# RESTANDOL TESTOCAPS



## bigwool (Jan 26, 2008)

HI EVERYONE,JUST A QUICK QUESTION TO THOSE IN THE KNOW.

A LITTLE WHILE AGO I ORDRED SOME ANDRIOL FROM A MATE OF MINE AND GOT SOMETHING TOTALLY DIFFERENT TO WHAT I EXPECTED.

NOW,WHEN I WAS A LAD,THEY CAME IN A BROWN GLASS BOTTLE AND WERE DEEP RED IN COLOUR.ALTHOUGH THE ONES I RECIEVED HAVE THE ORGANON BRAND NAME AND ORG DV3 ON THE CAPS,THEY COME IN FOIL STRIPS AND LOOK LIKE COD LIVER OIL CAPSULES!

CAN ANYBODY SHED SOME LIGHT ON THE MATTER PLEASE COS I DON'T WANT TO TAKE S***


----------



## Littleluke (Nov 21, 2005)

they look ok mate. My mate has some which I think are simular to this.


----------



## bigwool (Jan 26, 2008)

any info on his results m8?


----------



## Littleluke (Nov 21, 2005)

They're not a very good steroids mate because to see any results you need to take ALOT.. He stopped using them as he couldn't afford them. Switched to dbol and made some good gains.


----------



## bigwool (Jan 26, 2008)

thanx 4 that luke i'll give him a slap n get my cash back then:gun:


----------



## Nytol (Jul 16, 2005)

They are a total waste mate, you would probably not know if they were real or not, as even real ones give zero to tiny gains, even medical studies show some people get no results from them.


----------



## bigwool (Jan 26, 2008)

cheers nytol,definately worth a slap!!

any thoughts on british dragon oxymetholone(anadrol50)? i've had a long time off weights due to a shoulder injury so any size,shape and strength i ever had in my chest is all gone and someone told me this stuff might help me train through the pain in my shoulder.the fact that i've managed to build a lovely fat gut doesn't help the appearance of my flat chest either so i could use some quick results


----------



## punkfloyd (Dec 26, 2007)

Hi Bigwool

Personally i wouldn't be looking at taking oxy's for a first cycle after a long layoff - and "training through" pain is idiocy - it it hurts its for good reason and you should apply intelligent training technique and not try and mask it with anything.

Do you really want to do an oral only cycle?
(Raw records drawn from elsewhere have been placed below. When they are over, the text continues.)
// Sums to be minimised.
ghost use Rattle.std.specs.Prelude.{◌≡◌, length};
ghost use Rattle.pb_lin.specs.Constraint.{TermsUpTo};
ghost use Rattle.pb_lin.specs.CostRow.{IsCostRow, row_cost};

use scut_base::{Assignment, Duplicate, Items, Lit, NoMemory};
use std::alloc::Global;
use std::marker::Model;

/// A sum to be minimised: positive coefficients on literals of distinct variables, plus an offset.
/// Each value of it has a magnitude below 2^63.
#[derive(Debug, Drop)]
pub struct CostRow {
    terms: Items<(Lit, u64)>,
    offset: i64,
}

impl Model for CostRow {
    ghost use Rattle.pb_lin.specs.CostRow.{CostRowValue, IsCostRow};

    ghost Value = { CostRowValue };

    ghost view = { λ r. record { terms = r.terms; offset = r.offset } };

    ghost invariant = { λ r. IsCostRow r.terms r.offset };
}

impl CostRow {
    /// The row of these parts. Takes no memory.
    pub fn from_parts(terms: Items<(Lit, u64)>, offset: i64) -> CostRow
        requires { IsCostRow terms offset }
        ensures { result ≡ record { terms = terms; offset = offset } }
    {
        CostRow { terms, offset }
    }

    /// The coefficients with their literals.
    pub fn terms(&self) -> &[(Lit, u64)]
        ensures value { result.now ≡ self.now.terms }
        ensures row { IsCostRow self.now.terms self.now.offset }
    {
        self.terms.as_slice()
    }

    /// What is added to the sum.
    pub fn offset(&self) -> i64
        ensures { result ≡ self.now.offset }
    {
        self.offset
    }
}

impl Duplicate for CostRow {
    fn copy(&self, alloc: Global) -> Result<CostRow, NoMemory> {
        Ok(CostRow {
            terms: Items::from_vec(Vec::from_slice(alloc, self.terms.as_slice())?),
            offset: self.offset,
        })
    }
}

/// The value of a row under an assignment. Costs one pass over the terms.
pub fn row_cost(row: &CostRow, a: &Assignment) -> i64
    requires { TermsUpTo (length a.now) row.now.terms }
    ensures { result ≡ row_cost a.now row.now }
{
    let mut value = 0;
    for term in row.terms() {
        if a.value(term.0) {
            value += term.1;
        }
    }
    value as i64 + row.offset()
}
I would imagine a lot of guys would suggest some plain old test, and at 400-500mg per week for 6 weeks you'd get pretty damn good results - that's the way i'd go TBH mate.


----------



## diaita (Nov 30, 2007)

you'll be back to square 1 m8 IMO,nap 50= quick strenght+mass gains= worst shoulder injury.


----------



## bigwool (Jan 26, 2008)

cheers fellas.punkfloyd when u say plain old test do u mean sus250 or single ester?


----------



## punkfloyd (Dec 26, 2007)

Doesn't really matter mate - personal choice really or go with what's available at the time and you know is good.

Ive seen VERY good results with 400mg of cyp run for 6weeks, but this could quite easily be enanthate or sustanon too - just down to choice - i believe this to be an excellent protocol for starting back.

For example: BW 102kg and BF 18.3% 23 days later at 400mg Cyp per week and 10mg nolvadex ed saw a BW of 104.5kg and BF at 14.5%

Not bad at all and certainly doesn't hurt the wallet either...


----------



## bigwool (Jan 26, 2008)

ta bud i'll give that a go and let u know how it pans out.


----------



## Nytol (Jul 16, 2005)

Test would get my vote, oral wise I think Dbol is superior to Oxy.

Any long acting test, enanthate, cyp, sust, will all give similar results mr for mg if they are genuine and fully dosed.


----------



## punkfloyd (Dec 26, 2007)

^^^^ Too True ^^^^

Mg per Mg i firmly believe dbol is a far superior compound than oxymetholone, and i've observed better gains from it.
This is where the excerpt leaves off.